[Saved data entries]
-.-.-
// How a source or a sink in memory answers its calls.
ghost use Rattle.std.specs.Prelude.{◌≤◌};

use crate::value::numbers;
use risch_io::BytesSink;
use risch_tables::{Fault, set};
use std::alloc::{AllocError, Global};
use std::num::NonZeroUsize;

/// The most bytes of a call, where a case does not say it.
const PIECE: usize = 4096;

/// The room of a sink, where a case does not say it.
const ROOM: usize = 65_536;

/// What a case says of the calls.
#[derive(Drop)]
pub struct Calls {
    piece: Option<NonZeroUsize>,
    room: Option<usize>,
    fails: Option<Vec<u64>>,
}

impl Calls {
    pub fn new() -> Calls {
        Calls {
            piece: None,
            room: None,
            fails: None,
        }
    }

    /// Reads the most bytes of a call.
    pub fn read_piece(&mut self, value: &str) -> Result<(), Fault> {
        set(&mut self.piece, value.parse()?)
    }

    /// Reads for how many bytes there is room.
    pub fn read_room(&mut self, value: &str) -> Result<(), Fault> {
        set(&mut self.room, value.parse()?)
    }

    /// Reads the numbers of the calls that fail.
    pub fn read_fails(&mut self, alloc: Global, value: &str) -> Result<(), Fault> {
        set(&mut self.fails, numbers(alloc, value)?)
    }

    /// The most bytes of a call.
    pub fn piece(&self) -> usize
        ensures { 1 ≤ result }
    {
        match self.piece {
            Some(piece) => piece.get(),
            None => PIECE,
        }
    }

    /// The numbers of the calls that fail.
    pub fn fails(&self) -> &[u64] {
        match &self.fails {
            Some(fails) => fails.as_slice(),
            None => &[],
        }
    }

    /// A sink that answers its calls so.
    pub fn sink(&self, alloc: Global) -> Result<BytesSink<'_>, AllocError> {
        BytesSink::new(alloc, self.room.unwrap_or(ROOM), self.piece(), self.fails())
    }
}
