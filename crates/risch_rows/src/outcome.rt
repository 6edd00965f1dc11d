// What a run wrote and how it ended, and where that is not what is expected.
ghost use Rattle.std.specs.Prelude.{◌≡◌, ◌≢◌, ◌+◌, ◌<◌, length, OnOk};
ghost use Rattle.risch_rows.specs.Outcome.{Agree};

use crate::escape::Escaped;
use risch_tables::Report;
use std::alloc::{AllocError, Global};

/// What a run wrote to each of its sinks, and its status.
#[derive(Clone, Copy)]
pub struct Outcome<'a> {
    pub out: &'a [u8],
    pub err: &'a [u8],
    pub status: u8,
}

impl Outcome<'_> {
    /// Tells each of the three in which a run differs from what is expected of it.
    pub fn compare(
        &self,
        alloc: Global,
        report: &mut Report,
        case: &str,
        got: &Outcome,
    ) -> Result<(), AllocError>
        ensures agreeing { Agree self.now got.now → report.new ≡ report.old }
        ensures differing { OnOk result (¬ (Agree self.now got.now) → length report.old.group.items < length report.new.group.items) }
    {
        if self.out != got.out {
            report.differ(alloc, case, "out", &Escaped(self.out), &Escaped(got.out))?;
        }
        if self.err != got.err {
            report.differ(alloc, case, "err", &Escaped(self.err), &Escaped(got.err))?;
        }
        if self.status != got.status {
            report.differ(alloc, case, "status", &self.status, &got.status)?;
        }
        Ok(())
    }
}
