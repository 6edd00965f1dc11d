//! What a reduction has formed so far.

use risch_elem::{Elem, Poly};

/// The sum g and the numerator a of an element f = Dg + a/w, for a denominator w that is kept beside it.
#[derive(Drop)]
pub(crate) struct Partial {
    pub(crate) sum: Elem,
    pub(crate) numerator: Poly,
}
-.-.-
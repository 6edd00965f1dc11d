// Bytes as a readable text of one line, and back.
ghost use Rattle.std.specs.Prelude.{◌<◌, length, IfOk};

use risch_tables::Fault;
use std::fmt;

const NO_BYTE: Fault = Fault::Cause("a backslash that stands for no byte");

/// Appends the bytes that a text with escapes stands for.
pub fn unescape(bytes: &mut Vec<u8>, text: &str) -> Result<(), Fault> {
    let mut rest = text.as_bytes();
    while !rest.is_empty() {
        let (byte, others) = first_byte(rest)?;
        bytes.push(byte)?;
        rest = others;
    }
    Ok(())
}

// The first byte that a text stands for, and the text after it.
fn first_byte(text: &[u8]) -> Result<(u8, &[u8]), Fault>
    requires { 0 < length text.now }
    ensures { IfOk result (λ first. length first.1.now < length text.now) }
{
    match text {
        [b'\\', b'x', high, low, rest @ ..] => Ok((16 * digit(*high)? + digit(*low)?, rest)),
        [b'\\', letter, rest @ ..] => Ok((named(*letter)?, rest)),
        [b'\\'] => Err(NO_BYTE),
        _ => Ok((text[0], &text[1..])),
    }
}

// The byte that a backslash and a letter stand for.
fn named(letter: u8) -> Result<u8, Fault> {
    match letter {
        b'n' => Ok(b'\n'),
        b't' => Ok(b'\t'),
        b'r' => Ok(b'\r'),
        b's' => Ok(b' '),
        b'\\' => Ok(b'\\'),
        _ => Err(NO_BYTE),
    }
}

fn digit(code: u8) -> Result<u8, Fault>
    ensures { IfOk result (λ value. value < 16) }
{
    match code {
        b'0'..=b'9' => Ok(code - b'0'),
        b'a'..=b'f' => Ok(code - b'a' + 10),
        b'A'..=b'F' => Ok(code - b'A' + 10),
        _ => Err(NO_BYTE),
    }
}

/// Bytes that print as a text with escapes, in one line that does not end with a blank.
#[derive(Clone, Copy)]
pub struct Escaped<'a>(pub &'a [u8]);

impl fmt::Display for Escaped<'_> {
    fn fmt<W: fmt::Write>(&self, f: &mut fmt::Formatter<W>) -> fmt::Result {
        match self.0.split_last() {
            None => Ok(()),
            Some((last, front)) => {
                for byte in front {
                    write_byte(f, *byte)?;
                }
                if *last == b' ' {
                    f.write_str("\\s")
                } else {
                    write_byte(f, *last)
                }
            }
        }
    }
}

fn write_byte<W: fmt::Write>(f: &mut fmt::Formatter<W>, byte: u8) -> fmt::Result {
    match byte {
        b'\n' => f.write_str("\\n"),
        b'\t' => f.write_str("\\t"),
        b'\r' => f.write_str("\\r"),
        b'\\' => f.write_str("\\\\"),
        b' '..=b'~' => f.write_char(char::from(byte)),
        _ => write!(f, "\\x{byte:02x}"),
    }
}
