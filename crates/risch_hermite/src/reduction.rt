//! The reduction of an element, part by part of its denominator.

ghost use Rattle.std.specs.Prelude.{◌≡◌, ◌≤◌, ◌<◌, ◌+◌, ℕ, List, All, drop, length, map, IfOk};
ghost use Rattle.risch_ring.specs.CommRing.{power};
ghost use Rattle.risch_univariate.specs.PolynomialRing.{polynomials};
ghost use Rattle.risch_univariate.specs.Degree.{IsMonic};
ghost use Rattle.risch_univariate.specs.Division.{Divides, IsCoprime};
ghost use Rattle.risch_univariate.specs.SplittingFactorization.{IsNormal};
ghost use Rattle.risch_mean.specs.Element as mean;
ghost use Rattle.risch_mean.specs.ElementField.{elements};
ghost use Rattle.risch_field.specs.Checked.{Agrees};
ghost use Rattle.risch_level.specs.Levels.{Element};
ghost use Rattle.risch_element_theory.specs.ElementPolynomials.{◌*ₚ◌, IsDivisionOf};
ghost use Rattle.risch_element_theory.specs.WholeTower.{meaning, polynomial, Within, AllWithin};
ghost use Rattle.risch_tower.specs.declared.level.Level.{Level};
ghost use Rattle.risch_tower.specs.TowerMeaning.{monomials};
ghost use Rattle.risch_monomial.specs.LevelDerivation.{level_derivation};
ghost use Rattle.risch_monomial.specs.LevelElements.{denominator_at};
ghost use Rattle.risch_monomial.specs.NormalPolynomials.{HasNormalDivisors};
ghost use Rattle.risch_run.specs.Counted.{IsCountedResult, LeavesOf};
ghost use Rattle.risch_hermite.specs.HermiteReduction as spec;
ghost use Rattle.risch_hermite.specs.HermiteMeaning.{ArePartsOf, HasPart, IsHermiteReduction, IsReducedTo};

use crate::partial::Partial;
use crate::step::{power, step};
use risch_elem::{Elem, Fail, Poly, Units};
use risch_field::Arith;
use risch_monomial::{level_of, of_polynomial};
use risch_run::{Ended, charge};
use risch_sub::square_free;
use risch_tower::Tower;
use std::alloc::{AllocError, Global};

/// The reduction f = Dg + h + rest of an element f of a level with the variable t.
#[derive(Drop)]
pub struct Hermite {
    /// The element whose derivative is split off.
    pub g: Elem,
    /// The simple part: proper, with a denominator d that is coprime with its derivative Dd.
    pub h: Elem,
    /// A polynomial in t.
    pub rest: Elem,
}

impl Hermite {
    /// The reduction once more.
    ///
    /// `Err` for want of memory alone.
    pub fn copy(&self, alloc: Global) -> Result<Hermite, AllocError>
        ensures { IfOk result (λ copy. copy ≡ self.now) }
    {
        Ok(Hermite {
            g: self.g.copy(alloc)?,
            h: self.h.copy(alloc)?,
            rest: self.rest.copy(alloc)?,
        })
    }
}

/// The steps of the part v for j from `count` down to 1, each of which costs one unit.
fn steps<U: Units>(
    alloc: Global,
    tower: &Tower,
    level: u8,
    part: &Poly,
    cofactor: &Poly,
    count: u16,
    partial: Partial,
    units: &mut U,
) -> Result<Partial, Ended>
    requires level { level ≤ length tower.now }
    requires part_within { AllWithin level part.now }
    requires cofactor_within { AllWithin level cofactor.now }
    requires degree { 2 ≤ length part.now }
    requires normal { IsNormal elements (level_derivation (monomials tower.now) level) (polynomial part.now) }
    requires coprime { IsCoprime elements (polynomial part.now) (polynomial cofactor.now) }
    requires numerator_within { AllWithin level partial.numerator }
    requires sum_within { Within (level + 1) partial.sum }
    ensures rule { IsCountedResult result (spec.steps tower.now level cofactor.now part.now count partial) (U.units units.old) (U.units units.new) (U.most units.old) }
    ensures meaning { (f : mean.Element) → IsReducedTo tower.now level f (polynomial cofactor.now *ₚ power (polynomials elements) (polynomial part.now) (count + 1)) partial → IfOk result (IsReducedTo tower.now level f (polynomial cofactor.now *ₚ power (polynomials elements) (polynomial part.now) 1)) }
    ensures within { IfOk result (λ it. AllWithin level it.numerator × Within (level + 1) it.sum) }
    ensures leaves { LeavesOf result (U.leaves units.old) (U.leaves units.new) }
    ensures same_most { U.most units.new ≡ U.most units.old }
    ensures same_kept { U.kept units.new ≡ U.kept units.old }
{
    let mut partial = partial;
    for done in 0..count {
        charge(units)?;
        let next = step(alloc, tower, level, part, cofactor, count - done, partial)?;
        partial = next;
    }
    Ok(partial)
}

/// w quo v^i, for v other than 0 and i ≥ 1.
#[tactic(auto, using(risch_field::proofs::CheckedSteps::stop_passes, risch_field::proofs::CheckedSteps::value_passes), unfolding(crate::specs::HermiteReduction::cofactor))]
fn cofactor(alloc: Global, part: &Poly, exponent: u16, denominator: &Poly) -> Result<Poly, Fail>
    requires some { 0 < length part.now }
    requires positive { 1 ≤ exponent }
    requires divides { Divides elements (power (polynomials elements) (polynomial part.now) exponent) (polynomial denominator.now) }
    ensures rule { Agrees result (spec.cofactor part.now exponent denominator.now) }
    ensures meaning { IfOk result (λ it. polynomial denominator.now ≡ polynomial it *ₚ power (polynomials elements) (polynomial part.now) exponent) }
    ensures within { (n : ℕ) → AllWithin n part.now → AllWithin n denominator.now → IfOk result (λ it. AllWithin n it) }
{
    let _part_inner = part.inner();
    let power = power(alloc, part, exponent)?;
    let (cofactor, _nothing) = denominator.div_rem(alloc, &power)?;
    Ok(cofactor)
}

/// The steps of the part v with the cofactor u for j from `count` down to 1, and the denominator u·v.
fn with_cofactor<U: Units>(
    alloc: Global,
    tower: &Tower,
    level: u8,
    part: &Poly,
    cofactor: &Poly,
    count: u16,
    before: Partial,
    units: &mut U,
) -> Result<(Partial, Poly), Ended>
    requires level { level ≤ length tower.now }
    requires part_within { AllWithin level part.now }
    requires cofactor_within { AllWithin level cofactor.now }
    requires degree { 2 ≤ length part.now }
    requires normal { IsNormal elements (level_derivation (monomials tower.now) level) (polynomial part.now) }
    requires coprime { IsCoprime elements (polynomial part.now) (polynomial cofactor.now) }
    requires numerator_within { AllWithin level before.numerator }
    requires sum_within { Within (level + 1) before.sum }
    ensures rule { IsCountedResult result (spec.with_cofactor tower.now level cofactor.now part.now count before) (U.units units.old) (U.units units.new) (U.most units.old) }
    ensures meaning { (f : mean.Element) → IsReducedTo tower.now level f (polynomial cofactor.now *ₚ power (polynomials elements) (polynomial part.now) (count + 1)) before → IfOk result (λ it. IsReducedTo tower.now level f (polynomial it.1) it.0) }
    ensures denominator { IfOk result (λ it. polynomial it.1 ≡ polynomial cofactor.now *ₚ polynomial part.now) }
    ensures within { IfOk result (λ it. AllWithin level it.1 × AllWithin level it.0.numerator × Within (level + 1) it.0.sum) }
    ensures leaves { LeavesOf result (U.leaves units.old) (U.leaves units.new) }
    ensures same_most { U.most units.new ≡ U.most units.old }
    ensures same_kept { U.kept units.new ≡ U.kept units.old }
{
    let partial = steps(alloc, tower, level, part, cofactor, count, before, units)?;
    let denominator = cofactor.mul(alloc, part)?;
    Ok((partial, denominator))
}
-.-.-
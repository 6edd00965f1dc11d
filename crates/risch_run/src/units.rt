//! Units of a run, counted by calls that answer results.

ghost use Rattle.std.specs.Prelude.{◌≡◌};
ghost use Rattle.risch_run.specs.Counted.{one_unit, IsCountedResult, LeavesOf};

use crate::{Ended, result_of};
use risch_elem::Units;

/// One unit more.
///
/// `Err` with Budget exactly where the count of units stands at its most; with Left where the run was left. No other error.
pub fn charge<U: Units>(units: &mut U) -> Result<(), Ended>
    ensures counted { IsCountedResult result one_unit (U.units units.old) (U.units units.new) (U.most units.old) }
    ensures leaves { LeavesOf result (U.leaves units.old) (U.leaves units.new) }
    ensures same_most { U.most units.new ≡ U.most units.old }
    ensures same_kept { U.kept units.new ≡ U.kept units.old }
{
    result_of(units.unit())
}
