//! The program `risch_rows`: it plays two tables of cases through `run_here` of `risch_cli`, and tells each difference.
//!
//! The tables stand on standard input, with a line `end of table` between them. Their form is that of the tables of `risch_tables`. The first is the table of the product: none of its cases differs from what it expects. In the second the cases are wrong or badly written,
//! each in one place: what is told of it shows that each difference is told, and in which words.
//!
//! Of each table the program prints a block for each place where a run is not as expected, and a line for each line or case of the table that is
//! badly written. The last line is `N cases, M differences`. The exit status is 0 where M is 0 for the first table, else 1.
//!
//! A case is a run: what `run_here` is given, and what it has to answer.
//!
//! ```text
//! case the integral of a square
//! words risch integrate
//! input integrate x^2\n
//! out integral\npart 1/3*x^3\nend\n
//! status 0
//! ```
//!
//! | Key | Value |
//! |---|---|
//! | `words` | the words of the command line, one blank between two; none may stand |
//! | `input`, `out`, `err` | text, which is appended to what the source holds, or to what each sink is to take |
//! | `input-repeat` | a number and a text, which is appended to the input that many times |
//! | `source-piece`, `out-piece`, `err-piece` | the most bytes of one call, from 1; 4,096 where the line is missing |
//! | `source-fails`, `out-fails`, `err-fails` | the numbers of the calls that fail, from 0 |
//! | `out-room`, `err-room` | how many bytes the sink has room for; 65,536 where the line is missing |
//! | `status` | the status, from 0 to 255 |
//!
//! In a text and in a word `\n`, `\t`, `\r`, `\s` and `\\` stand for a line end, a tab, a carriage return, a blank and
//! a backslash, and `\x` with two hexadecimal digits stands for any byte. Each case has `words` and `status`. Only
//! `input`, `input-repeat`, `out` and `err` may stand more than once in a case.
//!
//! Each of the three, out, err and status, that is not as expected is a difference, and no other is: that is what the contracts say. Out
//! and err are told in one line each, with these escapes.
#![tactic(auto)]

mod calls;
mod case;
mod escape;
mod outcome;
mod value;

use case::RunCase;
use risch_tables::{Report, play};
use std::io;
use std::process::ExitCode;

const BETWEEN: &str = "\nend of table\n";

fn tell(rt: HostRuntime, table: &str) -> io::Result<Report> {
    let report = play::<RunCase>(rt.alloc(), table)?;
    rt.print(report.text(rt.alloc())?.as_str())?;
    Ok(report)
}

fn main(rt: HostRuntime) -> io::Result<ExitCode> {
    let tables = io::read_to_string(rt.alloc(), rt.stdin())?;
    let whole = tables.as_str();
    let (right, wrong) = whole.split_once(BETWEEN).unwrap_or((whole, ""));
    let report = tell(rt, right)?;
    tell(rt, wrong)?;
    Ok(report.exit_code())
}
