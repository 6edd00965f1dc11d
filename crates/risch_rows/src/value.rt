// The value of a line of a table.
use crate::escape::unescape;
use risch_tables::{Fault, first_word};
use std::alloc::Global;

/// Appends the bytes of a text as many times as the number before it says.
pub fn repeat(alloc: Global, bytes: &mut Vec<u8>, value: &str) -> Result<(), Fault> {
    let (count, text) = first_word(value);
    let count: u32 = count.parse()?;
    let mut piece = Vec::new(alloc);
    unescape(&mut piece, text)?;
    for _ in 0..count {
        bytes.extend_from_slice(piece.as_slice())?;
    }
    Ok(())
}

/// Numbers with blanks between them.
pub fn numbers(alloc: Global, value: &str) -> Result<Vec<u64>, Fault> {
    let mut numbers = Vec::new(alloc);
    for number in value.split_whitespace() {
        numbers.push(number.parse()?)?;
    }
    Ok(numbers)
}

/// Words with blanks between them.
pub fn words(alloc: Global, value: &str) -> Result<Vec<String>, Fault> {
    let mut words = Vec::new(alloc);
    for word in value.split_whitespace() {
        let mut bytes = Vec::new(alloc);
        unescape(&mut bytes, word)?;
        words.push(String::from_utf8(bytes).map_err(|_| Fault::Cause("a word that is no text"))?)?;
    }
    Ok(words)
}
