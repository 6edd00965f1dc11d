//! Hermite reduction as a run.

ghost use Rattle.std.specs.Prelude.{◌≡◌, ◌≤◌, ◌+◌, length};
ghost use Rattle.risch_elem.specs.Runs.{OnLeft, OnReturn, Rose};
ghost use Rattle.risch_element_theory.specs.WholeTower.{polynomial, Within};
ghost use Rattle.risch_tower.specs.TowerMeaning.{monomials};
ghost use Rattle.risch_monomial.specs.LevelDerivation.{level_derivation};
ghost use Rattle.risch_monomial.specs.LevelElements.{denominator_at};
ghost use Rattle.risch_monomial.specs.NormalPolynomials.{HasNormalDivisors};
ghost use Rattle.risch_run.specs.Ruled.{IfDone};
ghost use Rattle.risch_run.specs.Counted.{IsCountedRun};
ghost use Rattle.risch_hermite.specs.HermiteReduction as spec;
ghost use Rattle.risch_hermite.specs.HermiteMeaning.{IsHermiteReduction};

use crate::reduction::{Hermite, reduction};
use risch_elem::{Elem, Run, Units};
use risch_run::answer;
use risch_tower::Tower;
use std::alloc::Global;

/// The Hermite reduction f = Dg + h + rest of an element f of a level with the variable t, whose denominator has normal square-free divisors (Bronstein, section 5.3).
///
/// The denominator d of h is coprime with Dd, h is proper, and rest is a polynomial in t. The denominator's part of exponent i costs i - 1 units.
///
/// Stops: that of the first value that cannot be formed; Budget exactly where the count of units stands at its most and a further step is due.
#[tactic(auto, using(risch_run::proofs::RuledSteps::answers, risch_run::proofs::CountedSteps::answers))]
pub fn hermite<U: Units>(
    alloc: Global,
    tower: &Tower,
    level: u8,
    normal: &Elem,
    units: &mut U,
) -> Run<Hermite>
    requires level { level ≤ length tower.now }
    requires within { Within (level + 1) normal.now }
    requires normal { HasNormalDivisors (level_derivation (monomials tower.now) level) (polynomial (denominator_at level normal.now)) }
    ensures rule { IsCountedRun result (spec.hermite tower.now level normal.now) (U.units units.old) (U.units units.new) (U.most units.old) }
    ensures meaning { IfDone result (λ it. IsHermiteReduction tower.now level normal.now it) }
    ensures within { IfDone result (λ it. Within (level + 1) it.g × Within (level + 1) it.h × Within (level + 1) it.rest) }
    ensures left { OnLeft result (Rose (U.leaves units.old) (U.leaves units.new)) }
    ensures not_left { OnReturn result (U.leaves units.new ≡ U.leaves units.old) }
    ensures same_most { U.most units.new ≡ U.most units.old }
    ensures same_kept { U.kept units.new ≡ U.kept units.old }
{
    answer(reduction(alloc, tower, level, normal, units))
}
-.-.-
Exercise goal —
Retype the portion of the data above that starts on the line with "answers its calls." and finishes on the line with "pub fn read_fails(&mut", including both of those lines.

Answer box —
// How a source or a sink in memory answers its calls.
ghost use Rattle.std.specs.Prelude.{◌≤◌};

use crate::value::numbers;
use risch_io::BytesSink;
use risch_tables::{Fault, set};
use std::alloc::{AllocError, Global};
use std::num::NonZeroUsize;

/// The most bytes of a call, where a case does not say it.
const PIECE: usize = 4096;

/// The room of a sink, where a case does not say it.
const ROOM: usize = 65_536;

/// What a case says of the calls.
#[derive(Drop)]
pub struct Calls {
    piece: Option<NonZeroUsize>,
    room: Option<usize>,
    fails: Option<Vec<u64>>,
}

impl Calls {
    pub fn new() -> Calls {
        Calls {
            piece: None,
            room: None,
            fails: None,
        }
    }

    /// Reads the most bytes of a call.
    pub fn read_piece(&mut self, value: &str) -> Result<(), Fault> {
        set(&mut self.piece, value.parse()?)
    }

    /// Reads for how many bytes there is room.
    pub fn read_room(&mut self, value: &str) -> Result<(), Fault> {
        set(&mut self.room, value.parse()?)
    }

    /// Reads the numbers of the calls that fail.
    pub fn read_fails(&mut self, alloc: Global, value: &str) -> Result<(), Fault> {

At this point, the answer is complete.